Pterosaur Feathers


It has long been known that pterosaurs had body hair in the form of pycnofibers.  These structures were observed by Bakhurina and Unwin on Sordes pilosus in this 1995 paper:
Bakhurina N. N. and Unwin D. M., 1995, The evidence for 'hair' in Sordes and other pterosaurs, Journal of Vertebrate Paleontology 15(3, Suppl.): 17A
 
More recently, the model of pterosaur body hair has been refined, following fossil finds of better quality preservation and improved ovservational techniques.
Yang Z., Jiang B., McNamara M. E., Kearnes S. L., Pittman M., Kaye T. G., Orr P. J., Xu X. and Benton M. J., 2019, Pterosaur integumentary structures with complex feather-like branching, Nature Ecology & Evolution, 2018; 3 (1): 24

D'Alba L., 2019, Imaging of pterosaur skin reveals evidence of coloured feather-like structures, but whether these are homologous with true feathers is open to debate, Nature Ecology & Evolution volume 3, pages12-13

The general findings show that Anurognathid pterosaurs have 4 different types of hair-like structures, similar in form to the primative feather structures found on some dinosaurs.  Is is also the case that evidence for melanosomes suggest a red and black pigment structure resulting in a probable brownish colouration to the feathering.

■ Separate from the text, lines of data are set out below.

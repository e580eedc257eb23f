//! One use more of a numbering and before sets: what stands there is found, and what doesn't is added.
ghost use Rattle.std.specs.Prelude.{◌≡◌, ◌<◌, ◌^◌, length, IfOk, OnOk};
ghost use Rattle.evidence_store.specs.Keys.{AreKeysOf};
ghost use Rattle.evidence_store.specs.Numbers.{IsNumbered, AreNumbered, IsWithUse};

use crate::keys::{BeforeKeys, Keys, NumberingKeys, UseKeys};
use acyclic_numbering::Numbering;
use certificates::{Befores, IndexList, Numberings, OrderedEvidence, Shared, Uses};
use net_base::Memory;
use std::alloc::Global;
use waypoint_evidence::Before;

/// The number of a numbering. The keys are those of the numberings so far, of which there are few enough for a number more.
fn add_numbering(
    alloc: Global,
    keys: &mut NumberingKeys,
    numberings: &mut Numberings,
    numbering: Numbering,
) -> Result<u32, Memory>
    requires keys { keys.old ≡ numberings.old }
    requires few { length numberings.old < 2 ^ 32 }
    ensures number { IfOk result (λ n. IsNumbered numberings.old numbering n numberings.new) }
    ensures keys { OnOk result (keys.new ≡ numberings.new) }
{
    let (number, is_new) = keys.number(alloc, &numbering)?;
    if is_new {
        numberings.add(numbering)?;
    }
    Ok(number as u32)
}

/// The number of a before set. The keys are those of the before sets so far.
fn add_before(
    alloc: Global,
    keys: &mut BeforeKeys,
    befores: &mut Befores,
    before: &Before,
) -> Result<usize, Memory>
    requires { keys.old ≡ befores.old }
    ensures number { IfOk result (λ n. IsNumbered befores.old before.now n befores.new) }
    ensures keys { OnOk result (keys.new ≡ befores.new) }
{
    let (number, is_new) = keys.number(alloc, before)?;
    if is_new {
        befores.add(before.copy())?;
    }
    Ok(number)
}

/// The numbers of before sets, in order. The keys are those of the before sets so far.
fn add_befores(
    alloc: Global,
    keys: &mut BeforeKeys,
    befores: &mut Befores,
    sets: &[Before],
) -> Result<IndexList, Memory>
    requires { keys.old ≡ befores.old }
    ensures numbers { IfOk result
        (λ numbers. AreNumbered befores.old sets.now numbers befores.new) }
    ensures keys { OnOk result (keys.new ≡ befores.new) }
{
    let mut numbers = IndexList::make(alloc)?;
    for set in sets {
        let number = add_before(alloc, keys, befores, set)?;
        numbers.add(number as u64)?;
    }
    Ok(numbers)
}

/// The number of a use. The keys are those of the uses so far, of which there are few enough for a number more.
fn add_shared(
    alloc: Global,
    keys: &mut UseKeys,
    uses: &mut Uses,
    shared: Shared,
) -> Result<u32, Memory>
    requires keys { keys.old ≡ uses.old }
    requires few { length uses.old < 2 ^ 32 }
    ensures number { IfOk result (λ n. IsNumbered uses.old shared n uses.new) }
    ensures keys { OnOk result (keys.new ≡ uses.new) }
{
    let (number, is_new) = keys.number(alloc, &shared)?;
    if is_new {
        uses.add(shared)?;
    }
    Ok(number as u32)
}

/// The number of the use of a numbering and before sets. The keys are those of the evidence so far.
pub(crate) fn add_use(
    alloc: Global,
    keys: &mut Keys,
    evidence: &mut OrderedEvidence,
    numbering: Numbering,
    befores: &Befores,
) -> Result<u32, Memory>
    requires keys { AreKeysOf keys.old evidence.old }
    requires few_numberings { length evidence.old.numberings < 2 ^ 32 }
    requires few_uses { length evidence.old.uses < 2 ^ 32 }
    ensures number { IfOk result
        (λ n. IsWithUse evidence.old numbering befores.now n evidence.new) }
    ensures keys { OnOk result (AreKeysOf keys.new evidence.new) }
{
    let shared = Shared {
        numbering: add_numbering(
            alloc,
            &mut keys.numberings,
            &mut evidence.numberings,
            numbering,
        )?,
        befores: add_befores(
            alloc,
            &mut keys.befores,
            &mut evidence.befores,
            befores.list(),
        )?,
    };
    add_shared(alloc, &mut keys.uses, &mut evidence.uses, shared)
}
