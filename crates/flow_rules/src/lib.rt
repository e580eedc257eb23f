//! Patterns, rules, flow tables and lookup, after OpenFlow 1.0.0, sections 3.1 to 3.4.
#![tactic(auto)]

mod configs;
mod deletes;
pub mod laws;
mod order;
mod overlaps;
mod replaces;
mod rules;
mod searches;
mod tables;
mod tuple_space;

pub use configs::Config;
pub use order::key_order;
pub use rules::{Action, Key, Pattern, Rewrite, Rule, VlanTest, admits_port, admits_vlan};
pub use tables::Table;
pub use tuple_space::TupleSpace;
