//! What clear tables are for. The law is a function that does nothing: its contract is the law.
ghost use Rattle.std.specs.Prelude.{◌≡◌, List};
ghost use Rattle.net_base.specs.Members.{IsSameSet};
ghost use Rattle.flow_rules.specs.Patterns.{Header};
ghost use Rattle.flow_rules.specs.Tables.{IsClear, lookup};
ghost use Rattle.flow_rules.specs.declared.rules.Rule.{Rule};

/// In a clear table a lookup depends on the set of the rules alone: two lists of the same rules, in whatever order, give
/// the same action for every packet.
pub fn lookup_by_set()
    ensures { (rules others : List Rule) → IsClear rules → IsSameSet rules others
        → (header : Header) → lookup header rules ≡ lookup header others }
{}
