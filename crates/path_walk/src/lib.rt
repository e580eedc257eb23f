//! What becomes of a packet at a place, and along its path.
#![tactic(auto)]

pub mod following;
mod room;
mod walking;

use net_base::{Place, Port, SwitchId, Vlan};
pub use room::PathRoom;
pub use walking::{follow, walk};

/// What becomes of a packet at a place, by the lookup in the table of the place's switch and what is at the output port.
#[derive(Clone, Copy, PartialEq, Eq)]
pub enum Outcome {
    /// It is discarded: no rule covers it, the action discards, nothing is at the output port, or that is the ingress port
    /// (OpenFlow 1.0.0, section 5.2.1: only the virtual port IN_PORT, which no rule uses, sends a packet back out of it).
    Discard,
    /// It leaves the network at this host port of the place's switch, with this VLAN, which is the rewritten one.
    Leave(Port, Vlan),
    /// It goes over a link to this place: the switch and the port at the link's other end, and the rewritten VLAN.
    Go(Place),
}

/// How the walk along a path of a configuration ended. It ends at the latest at the first stop whose switch was visited
/// before.
#[derive(Clone, Copy, PartialEq, Eq)]
pub enum PathEnd {
    /// The packet left the network from this switch, at this host port.
    Left(SwitchId, Port),
    /// This switch discarded the packet.
    Dropped(SwitchId),
    /// The packet came to this switch a second time: the path is a loop, or visits a switch twice.
    Repeats(SwitchId),
}

/// How the places of a path end. They end at the latest at the first one whose switch was visited before.
#[derive(Clone, Copy, PartialEq, Eq)]
pub enum PlacesEnd {
    /// The packet left the network from this switch, at this host port, with this VLAN, which is the rewritten one.
    Left(SwitchId, Port, Vlan),
    /// This switch discarded the packet.
    Dropped(SwitchId),
    /// The packet came to this switch again: the last place is there, and an earlier one.
    Again(SwitchId),
}

/// How a packet's trace ends, or that it goes on.
#[derive(Clone, Copy, PartialEq, Eq)]
pub enum Ended {
    /// It has no end yet: the packet is at its present place.
    UnderWay,
    /// The packet left the network from this switch, at this host port, with this VLAN.
    Left(SwitchId, Port, Vlan),
    /// This switch discarded the packet.
    Dropped(SwitchId),
    /// The network lost the packet on its way, which no table asked for.
    Lost,
}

The feather structures have been observed on Anurognathus, Jeholopterus, Sordes and Pterorhynchus and may also have been present on many more pterosaurs.

Type 1-  Pycnofibers

This type of fibre is found to be a hair like structure with a hollow centre.  There hairs are found in association with many areas of the skin of pterosaurs and similar structures are found in some dinosaurs.  They would have been able to insulate to protect against heat and cold.
Types 2 and 3 - Radially and symetrically branching feathers

Found on the head, neck and limbs.  These feathered hairs probably had streamlining and insulating properties.
Type 4 - Bilaterally branching feathers

These are wing fibres and they were most likely able to laminate airflow over the wings.  In birds, the contour wing feathers are sensory and able to detect a localised wing stall.  These feathers may also have been capable of sensing airflow changes over the wings.